Long-term course of Alzheimer disease in patients treated according to the Dutch dementia guideline at a memory clinic : a "real-life" study
Faculty of Pharmaceutical, Biomedical and Veterinary Sciences . Biomedical Sciences
Alzheimer disease and associated disorders
, p. 53-59
University of Antwerp
Introduction: There is little knowledge of the long-term course of Alzheimer disease (AD) in light of current pharmacological and nonpharmacological interventions provided in a "real-life" setting. Methods: The Frisian Alzheimer's Disease Cohort study is a "real-life" study of the course of AD in patients (n=576) treated with pharmacological (ie, cholinesterase inhibitors) and nonpharmacological (ie, case management, respite care) interventions. Disease course was described by changes in cognition (Mini Mental State Examination, clock-drawing test) and number of types of professional care applying a repeated-measures analysis using a marginal model (population-based average model). In addition, behavioral and psychological symptoms, and proportions of nursing home admissions and deaths were investigated.
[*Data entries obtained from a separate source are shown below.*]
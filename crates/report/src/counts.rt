//! The counts of a report: their words, and their order in the text.
ghost use Rattle.std.specs.Prelude.{◌≡◌, ◌<◌, ◌^◌, slice_get, Some};
ghost use Rattle.std.specs.List.{All};
ghost use Rattle.report.specs.Counts.{AreSmallCounts};
ghost use Rattle.report.specs.inner.Counts.{count_of_counts, count_words, in_order, counts_from};

/// How many counts every report has a line of.
pub(crate) const COUNTS: usize = 14;

/// The word of each of these counts, in the order of the text.
const WORDS: [&'static [u8]; COUNTS] = [
    b"inputs ",
    b"outputs ",
    b"gates ",
    b"cells ",
    b"chains ",
    b"faults ",
    b"classes ",
    b"patterns ",
    b"cycles ",
    b"limit ",
    b"detected ",
    b"redundant ",
    b"aborted ",
    b"untested ",
];

/// The counts of a report, each under its word in the text.
#[derive(Clone, Copy, PartialEq, Eq)]
pub struct ReportCounts {
    pub inputs: u64,
    pub outputs: u64,
    /// Without cells.
    pub gates: u64,
    pub cells: u64,
    /// How many chains were made.
    pub chains: u64,
    pub faults: u64,
    pub classes: u64,
    pub patterns: u64,
    pub cycles: u64,
    /// The backtrack limit.
    pub limit: u64,
    pub detected: u64,
    pub redundant: u64,
    pub aborted: u64,
    /// Redundant and aborted together.
    pub untested: u64,
    /// Faults that weren't asked for, which have a line only where there are some.
    pub unasked: u64,
}

impl ReportCounts {
    /// The counts that every report has a line of, in the order of the text.
    pub(crate) fn to_array(self) -> [u64; COUNTS]
        ensures { result ≡ in_order self }
    {
        [
            self.inputs,
            self.outputs,
            self.gates,
            self.cells,
            self.chains,
            self.faults,
            self.classes,
            self.patterns,
            self.cycles,
            self.limit,
            self.detected,
            self.redundant,
            self.aborted,
            self.untested,
        ]
    }

    /// The counts that are these in the order of the text, and so many that weren't asked for.
    pub(crate) fn of(counts: [u64; COUNTS], unasked: u64) -> ReportCounts
        ensures { result ≡ counts_from counts unasked }
    {
        ReportCounts {
            inputs: counts[0],
            outputs: counts[1],
            gates: counts[2],
            cells: counts[3],
            chains: counts[4],
            faults: counts[5],
            classes: counts[6],
            patterns: counts[7],
            cycles: counts[8],
            limit: counts[9],
            detected: counts[10],
            redundant: counts[11],
            aborted: counts[12],
            untested: counts[13],
            unasked,
        }
    }

    /// What the counts of every report are.
    pub fn sound(self)
        ensures { AreSmallCounts self }
    {
        are_small(&self.to_array());
    }
}

/// What numbers of this type are.
fn are_small(numbers: &[u64])
    ensures { All (λ k. k < 2 ^ 64) numbers.now }
{}

/// The word of a count, by its place.
pub(crate) fn count_word(place: usize) -> &'static [u8]
    requires { place < count_of_counts }
    ensures { slice_get count_words place ≡ Some result.now }
{
    WORDS[place]
}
Results: During 3.5 years, the average Mini Mental State Examination decreased from 22.24 to 18.91, the clock-drawing test score increased from 3.38 to 4.05, the number of types of professional care increased from 0.85 to 2.64, and the patients with behavioral and psychological symptoms increased from 29.0% to 70.2%. The proportion of patients admitted to a nursing home was 40.8% and 41.0% died. Conclusions: Cognition and behaviour of AD patients deteriorated accompanied with an increase in care-dependency during 3.5 years. Nevertheless, compared with the precholinesterase inhibitor era, current pharmacological and nonpharmacological interventions appear to slow cognitive decline, which emphasizes that they seem to have a favorable effect.